■ Task goal
Print the lines that run from the line with "if !is_inside(public, school, row)" to the line with "length rows.now ≤", keeping both end lines, exactly as they appear in the entries below, and nothing else.

■ Supplied records
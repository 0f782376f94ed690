//! Sets of days.

ghost use Rattle.std.specs.Prelude.{◌≡◌, ◌⊎◌, ◌<◌, ◌≤◌, ◌+ℤ◌, ◌≤ℤ◌, ◌<ℤ◌, ℕ, pos, true, false, length, get_or};
ghost use Rattle.std.specs.Prelude.{◌↔◌, IsTrue, MatchOption, OnOk};
ghost use Rattle.std.proofs.Props.{props};
ghost use Rattle.gtd_core.specs.Limits.{last_calendar_day};
ghost use Rattle.gtd_calendar.specs.Calendar.{IsCalendarDay};
ghost use Rattle.gtd_hours_holidays.specs.Marks.{AreMarked, IsFirstMark};

use std::alloc::{AllocError, Global};

/// 1800-01-01, the first day of the calendar.
pub(crate) const FIRST_DAY: i64 = -62_091;

/// 2799-12-31, the last day of the calendar.
pub(crate) const LAST_DAY: i64 = 303_150;

/// A set of days of the years 1800 to 2799, from a first day on.
#[derive(Drop)]
pub struct Days {
    /// The first day that can be in the set.
    pub first: i64,
    /// Whether each day is in the set, from the first one on. The days after the last mark are not.
    pub marks: Vec<bool>,
    pub ghost first_in: { IsCalendarDay first } by { Prim.hlevel props },
}

// How many days a day comes after another one.
fn place_of(first: i64, day: i64) -> usize
    requires first_in { IsCalendarDay first }
    requires day_in { IsCalendarDay day }
    requires order { first ≤ℤ day }
    ensures place { day ≡ first +ℤ pos result }
    ensures near { result < 365_242 }
{
    (day - first) as usize
}

// The day that comes so many days after another one.
fn day_at(first: i64, place: usize) -> i64
    requires first_in { IsCalendarDay first }
    requires near { (first +ℤ pos place) ≤ℤ last_calendar_day }
    ensures day { result ≡ first +ℤ pos place }
    ensures near { IsCalendarDay result }
{
    first + place as i64
}

// The later of two days.
fn later(a: i64, b: i64) -> i64
    ensures { (a ≤ℤ result) × (b ≤ℤ result) × ((result ≡ a) ⊎ (result ≡ b)) }
{
    if a < b { b } else { a }
}

// Whether a day comes before another one.
fn is_before(a: i64, b: i64) -> bool
    ensures { IsTrue result ↔ (a <ℤ b) }
{
    a < b
}

// Adds marks that say no, until there are so many.
fn grow(marks: &mut Vec<bool>, count: usize) -> Result<(), AllocError>
    ensures same { (k : ℕ) → get_or marks.new.items k false ≡ get_or marks.old.items k false }
    ensures many { OnOk result (count ≤ length marks.new.items) }
{
    for _ in marks.len()..count {
        marks.push(false)?;
    }
    Ok(())
}

// Makes the marks from one on say yes, before another.
fn mark(marks: &mut Vec<bool>, first: usize, until: usize)
    requires { until ≤ length marks.old.items }
    ensures { AreMarked marks.old.items marks.new.items first until }
{
    for place in first..until {
        marks[place] = true;
    }
}

// Whether a mark says yes.
fn is_marked(marks: &[bool], place: usize) -> bool
    ensures { result ≡ get_or marks.now place false }
{
    match marks.get(place) {
        Some(mark) => *mark,
        None => false,
    }
}

// The first mark from one on that says this, before another.
fn first_marked(marks: &[bool], first: usize, until: usize, says: bool) -> Option<usize>
    ensures { MatchOption result
        ((k : ℕ) → first ≤ k → k < until → get_or marks.now k false ≡ says → ⊥)
        (IsFirstMark marks.now first until says) }
{
    for place in first..until {
        if is_marked(marks, place) == says {
            return Some(place);
        }
    }
    None
}

// The first mark from one on that says yes, before another. Those behind the last are not looked at.
fn first_set(marks: &[bool], first: usize, until: usize) -> Option<usize>
    ensures { MatchOption result
        ((k : ℕ) → first ≤ k → k < until → get_or marks.now k false ≡ true → ⊥)
        (IsFirstMark marks.now first until true) }
{
    if marks.len() < until {
        return first_marked(marks, first, marks.len(), true);
    }
    first_marked(marks, first, until, true)
}

impl Days {
    ghost use Rattle.std.specs.Prelude.{◌≡◌, ◌↔◌, ◌⊎◌, ◌≤ℤ◌, ℤ, IsTrue, MatchOption, OnErr, OnOk};
    ghost use Rattle.gtd_calendar.specs.Calendar.{IsCalendarDay};
    ghost use Rattle.gtd_hours_holidays.specs.Days.{AreAll, AreNone, IsFirst, IsFirstWithout, IsIn};

    /// A set without a day, which can hold the days from this one on. It must be of the years 1800 to 2799. Takes no memory.
    pub fn new(alloc: Global, first: i64) -> Days
        requires first_in { IsCalendarDay first }
        ensures begins { result.first ≡ first }
        ensures none { (n : ℤ) → IsIn result n → ⊥ }
    {
        Days {
            first,
            marks: Vec::new(alloc),
        }
    }

    /// Adds the days from one to another, both included; none if the last comes before the first. Both must be of the years
    /// 1800 to 2799, and none of them before the first day that the set can hold. `AllocError` is answered only if memory was
    /// refused, and then the set is as it was.
    pub fn add(&mut self, first: i64, last: i64) -> Result<(), AllocError>
        requires first_in { IsCalendarDay first }
        requires last_in { IsCalendarDay last }
        requires begun { self.old.first ≤ℤ first }
        ensures begins { self.new.first ≡ self.old.first }
        ensures added { OnOk result ((n : ℤ) → IsIn self.new n ↔ (IsIn self.old n ⊎ ((first ≤ℤ n) × (n ≤ℤ last)))) }
        ensures kept { OnErr result ((n : ℤ) → IsIn self.new n ↔ IsIn self.old n) }
    {
        if is_before(last, first) {
            return Ok(());
        }
        let until = place_of(self.first, last) + 1;
        grow(&mut self.marks, until)?;
        mark(&mut self.marks, place_of(self.first, first), until);
        Ok(())
    }

    /// Whether a day is in the set. The day must be of the years 1800 to 2799. Takes no memory.
    pub fn contains(&self, day: i64) -> bool
        requires { IsCalendarDay day }
        ensures is { IsTrue result ↔ IsIn self.now day }
    {
        if is_before(day, self.first) {
            return false;
        }
        is_marked(self.marks.as_slice(), place_of(self.first, day))
    }

    /// The first day from one to another, both included, that is not in the set, or `None` if all are. Both must be of the years
    /// 1800 to 2799. Takes no memory.
    pub fn first_missing(&self, from: i64, to: i64) -> Option<i64>
        requires from_in { IsCalendarDay from }
        requires to_in { IsCalendarDay to }
        ensures first { MatchOption result (AreAll (IsIn self.now) from to) (IsFirstWithout (IsIn self.now) from to) }
    {
        if is_before(to, from) {
            return None;
        }
        if is_before(from, self.first) {
            return Some(from);
        }
        let first = place_of(self.first, from);
        let until = place_of(self.first, to) + 1;
        match first_marked(self.marks.as_slice(), first, until, false) {
            Some(place) => Some(day_at(self.first, place)),
            None => None,
        }
    }

    /// The first day from one to another, both included, that is in the set, or `None` if none is. Both must be of the years 1800
    /// to 2799. Takes no memory.
    pub fn first_in(&self, from: i64, to: i64) -> Option<i64>
        requires from_in { IsCalendarDay from }
        requires to_in { IsCalendarDay to }
        ensures first { MatchOption result (AreNone (IsIn self.now) from to) (IsFirst (IsIn self.now) from to) }
    {
        let begin = later(from, self.first);
        if is_before(to, begin) {
            return None;
        }
        let first = place_of(self.first, begin);
        let until = place_of(self.first, to) + 1;
        match first_set(self.marks.as_slice(), first, until) {
            Some(place) => Some(day_at(self.first, place)),
            None => None,
        }
    }
}
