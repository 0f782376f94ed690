//! Laws of the definitions: calls that do nothing, whose contracts are what is proved.

ghost use Rattle.std.specs.Prelude.{◌≡◌, ◌≤ℤ◌, ℕ, ℤ, pos};
ghost use Rattle.gtd_calendar.specs.Calendar.{day_number, weekday_of};
ghost use Rattle.gtd_hours_holidays.specs.Easter.{IsEaster};

/// Easter Sunday is a Sunday, from 22 March to 25 April.
pub fn easter_is_a_sunday()
    ensures sunday { (year : ℕ) (n : ℤ) → IsEaster year n → weekday_of n ≡ 1 }
    ensures between { (year : ℕ) (n : ℤ) → IsEaster year n
        → (day_number (pos year) 3 22 ≤ℤ n) × (n ≤ℤ day_number (pos year) 4 25) }
{}
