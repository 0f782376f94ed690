//! Why a table of holidays is not read.

ghost use Rattle.std.specs.Prelude.{◌≡◌, Some};
ghost use Rattle.gtd_hours_holidays.specs.FaultTexts as spec;

use std::fmt;
use std::fmt::{Display, Formatter};

/// A fault of a table of holidays. Rows are numbered from 1, after the header. A table with `TooLarge` or `Header` has no other
/// fault. Of each row that is at fault it has the first from the left; `TooManyRows` comes last. Only a table without these has
/// faults `Outside`.
#[derive(Clone, Copy, Debug, PartialEq, Eq)]
pub enum HolidaysFault {
    /// The table has more than 16,777,216 bytes.
    TooLarge,
    /// The first record is not `first,last,kind,name`, or there is none.
    Header,
    /// There are more than 4,096 rows.
    TooManyRows,
    /// A row does not have four fields.
    FieldCount { row: u32 },
    /// A row's first field is not a date of the years 1800 to 2799.
    First { row: u32 },
    /// A row's second field is neither empty nor a date of these years from the first on, and at most 36,599 days after it.
    Last { row: u32 },
    /// A row's third field is not `PH`, `SH`, `PH-covered` or `SH-covered`.
    Kind { row: u32 },
    /// A day of a row `PH` or `SH` is in no row that covers it.
    Outside { row: u32 },
}

/// The line of a fault after the table's name: the row, if the fault is of one, and the fault's name.
#[derive(Clone, Copy)]
pub struct HolidaysFaultText(pub HolidaysFault);

impl Display for HolidaysFaultText {
    ghost output = { λ shown. Some (spec.fault_text shown.0) };

    fn fmt<W: fmt::Write>(&self, f: &mut Formatter<W>) -> fmt::Result {
        match self.0 {
            HolidaysFault::TooLarge => write!(f, "TooLarge"),
            HolidaysFault::Header => write!(f, "Header"),
            HolidaysFault::TooManyRows => write!(f, "row 4097: TooManyRows"),
            HolidaysFault::FieldCount { row } => write!(f, "row {row}: FieldCount"),
            HolidaysFault::First { row } => write!(f, "row {row}: First"),
            HolidaysFault::Last { row } => write!(f, "row {row}: Last"),
            HolidaysFault::Kind { row } => write!(f, "row {row}: Kind"),
            HolidaysFault::Outside { row } => write!(f, "row {row}: Outside"),
        }
    }
}
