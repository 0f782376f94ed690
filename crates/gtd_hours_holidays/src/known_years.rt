//! The years in which holidays and Easter are known.

ghost use Rattle.std.specs.Prelude.{◌≡◌, ◌↔◌, ◌+◌, ◌+ℤ◌, pos, IfSome, IsSome};
ghost use Rattle.std.proofs.Props.{props};
ghost use Rattle.gtd_calendar.specs.Calendar.{IsCalendarDay, first_day};
ghost use Rattle.gtd_hours_holidays.specs.KnownYears.{AreKnown};

use gtd_calendar::day_of;

/// The years in which holidays and Easter are known: at most 98, from 1802 to 2797.
#[derive(Clone, Copy)]
pub struct KnownYears {
    /// The first year, 1802 at least.
    pub first: u16,
    /// The last year, not before the first, at most 97 years later, and 2797 at most.
    pub last: u16,
    pub ghost in_range: { AreKnown first last } by { Prim.hlevel props },
}

impl KnownYears {
    /// The years from one to another, or `None` exactly if one is not from 1802 to 2797, the last comes before the first, or they
    /// are more than 98. Takes no memory.
    pub fn new(first: u16, last: u16) -> Option<KnownYears>
        ensures kept { IfSome result (λ years. (years.first ≡ first) × (years.last ≡ last)) }
        ensures accepted { IsSome result ↔ AreKnown first last }
    {
        if 1802 <= first && first <= last && last <= 2797 && last < first + 98 {
            Some(KnownYears { first, last })
        } else {
            None
        }
    }

    /// 1 January of the first year. Takes no memory.
    pub fn first_day(self) -> i64
        ensures day { result ≡ first_day (pos self.first) }
        ensures near { IsCalendarDay result }
    {
        match day_of(i64::from(self.first), 1, 1) {
            Some(day) => day,
            None => unreachable!(),
        }
    }

    /// 31 December of the last year. Takes no memory.
    pub fn last_day(self) -> i64
        ensures day { result +ℤ pos 1 ≡ first_day (pos (self.last + 1)) }
        ensures near { IsCalendarDay result }
    {
        match day_of(i64::from(self.last), 12, 31) {
            Some(day) => day,
            None => unreachable!(),
        }
    }
}
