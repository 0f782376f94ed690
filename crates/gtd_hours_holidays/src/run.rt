//! A run of consecutive days.

ghost use Rattle.std.specs.Prelude.{◌≤ℤ◌};
ghost use Rattle.std.proofs.Props.{props};
ghost use Rattle.gtd_calendar.specs.Calendar.{IsCalendarDay};

/// Consecutive days of the years 1800 to 2799.
#[derive(Clone, Copy)]
pub struct Run {
    /// The first day, counted from 1970-01-01.
    pub first: i64,
    /// The last day, which is included.
    pub last: i64,
    pub ghost first_in: { IsCalendarDay first } by { Prim.hlevel props },
    pub ghost last_in: { IsCalendarDay last } by { Prim.hlevel props },
    pub ghost order: { first ≤ℤ last } by { Prim.hlevel props },
}
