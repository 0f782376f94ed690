//! Tables of public and school holidays, and the days on which Easter falls.
//!
//! [`read_holidays`] reads a table from its bytes, or answers all its faults. [`Holidays`] says which days are holidays, and on
//! which days it has all of them; [`Days`] is a set of days of the years 1800 to 2799, and [`easter`] is Easter Sunday of a year.
#![tactic(auto)]

pub use computus::easter;
pub use days::Days;
pub use fault::{HolidaysFault, HolidaysFaultText};
pub use holidays::{Holidays, Unread};
pub use known_years::KnownYears;
pub use reader::read_holidays;
pub use row::{HolidayKind, HolidayRow};
pub use run::Run;
pub use runs::runs_of;

mod computus;
mod date;
mod days;
mod fault;
mod fields;
mod holidays;
mod known_years;
pub mod laws;
mod reader;
mod row;
mod run;
mod runs;
mod table;
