//! How a table of holidays is read.

ghost use Rattle.std.specs.Prelude.{◌↔◌, ◌≤◌, ℤ, List, length, true, IfOk, IsTrue, OnOk};
ghost use Rattle.gtd_hours_holidays.specs.Days.{AreAll, IsIn};
ghost use Rattle.gtd_hours_holidays.specs.Reading.{IsAdded, IsRead};
ghost use Rattle.gtd_hours_holidays.specs.Table.{AreOutside, IsInside, IsOfRows};
ghost use Rattle.gtd_hours_holidays.specs.declared.row.HolidayRow.{HolidayRow};

use crate::days::Days;
use crate::fault::HolidaysFault;
use crate::holidays::{Holidays, Unread, days_of};
use crate::row::{HolidayKind, HolidayRow};
use crate::table::read_rows;
use std::alloc::{AllocError, Global};

// Whether all days of a row are in a set.
fn has_days(days: &Days, row: &HolidayRow) -> bool
    ensures { IsTrue result ↔ AreAll (IsIn days.now) row.now.first row.now.last }
{
    match days.first_missing(row.first, row.last) {
        Some(_) => false,
        None => true,
    }
}

// Whether a row's days, if they are holidays, are all covered.
fn is_inside(public: &Days, school: &Days, row: &HolidayRow) -> bool
    ensures { (all : List HolidayRow)
        → ((n : ℤ) → IsIn public.now n ↔ IsOfRows HolidayKind.Public true n all)
        → ((n : ℤ) → IsIn school.now n ↔ IsOfRows HolidayKind.School true n all)
        → IsTrue result ↔ IsInside all row.now }
{
    if row.covers {
        return true;
    }
    match row.kind {
        HolidayKind::Public => has_days(public, row),
        HolidayKind::School => has_days(school, row),
    }
}

// Adds the fault of the row with this number, if a holiday of it is not covered.
fn add_outside(
    faults: &mut Vec<HolidaysFault>,
    public: &Days,
    school: &Days,
    row: &HolidayRow,
    number: u32,
) -> Result<(), AllocError>
    ensures { (all : List HolidayRow)
        → ((n : ℤ) → IsIn public.now n ↔ IsOfRows HolidayKind.Public true n all)
        → ((n : ℤ) → IsIn school.now n ↔ IsOfRows HolidayKind.School true n all)
        → OnOk result (IsAdded all row.now number faults.old.items faults.new.items) }
{
    if !is_inside(public, school, row) {
        faults.push(HolidaysFault::Outside { row: number })?;
    }
    Ok(())
}

// The faults of rows with holidays that no row covers.
fn outside_of(alloc: Global, rows: &[HolidayRow]) -> Result<Vec<HolidaysFault>, AllocError>
    requires { length rows.now ≤ 4096 }
    ensures { IfOk result (λ faults. AreOutside rows.now 1 rows.now faults.items) }
{
    let public = days_of(alloc, rows, HolidayKind::Public, true)?;
    let school = days_of(alloc, rows, HolidayKind::School, true)?;
    let mut faults = Vec::new(alloc);
    for place in 0..rows.len() {
        let number = place as u32 + 1;
        add_outside(&mut faults, &public, &school, &rows[place], number)?;
    }
    Ok(faults)
}

/// The table of holidays that a file's bytes are, or all its faults.
///
/// `TooLarge` and `Header` come alone. Otherwise each row that is at fault has its first one from the left, `FieldCount`,
/// `First`, `Last` or `Kind`, in the order of the rows, and `TooManyRows` comes after those of the first 4,096 rows. If there
/// are none of these, each row with a holiday that no row covers has `Outside`. `NoMemory` is answered only if memory was
/// refused.
pub fn read_holidays(alloc: Global, bytes: &[u8]) -> Result<Holidays, Unread>
    ensures table { IsRead bytes.now result }
{
    let found = read_rows(alloc, bytes)?;
    if !found.faults.is_empty() {
        return Err(Unread::Faults(found.faults));
    }
    let outside = outside_of(alloc, found.rows.as_slice())?;
    if !outside.is_empty() {
        return Err(Unread::Faults(outside));
    }
    Ok(Holidays::new(alloc, found.rows)?)
}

■ Exercise result
    if !is_inside(public, school, row) {
        faults.push(HolidaysFault::Outside { row: number })?;
    }
    Ok(())
}

// The faults of rows with holidays that no row covers.
fn outside_of(alloc: Global, rows: &[HolidayRow]) -> Result<Vec<HolidaysFault>, AllocError>
    requires { length rows.now ≤ 4096 }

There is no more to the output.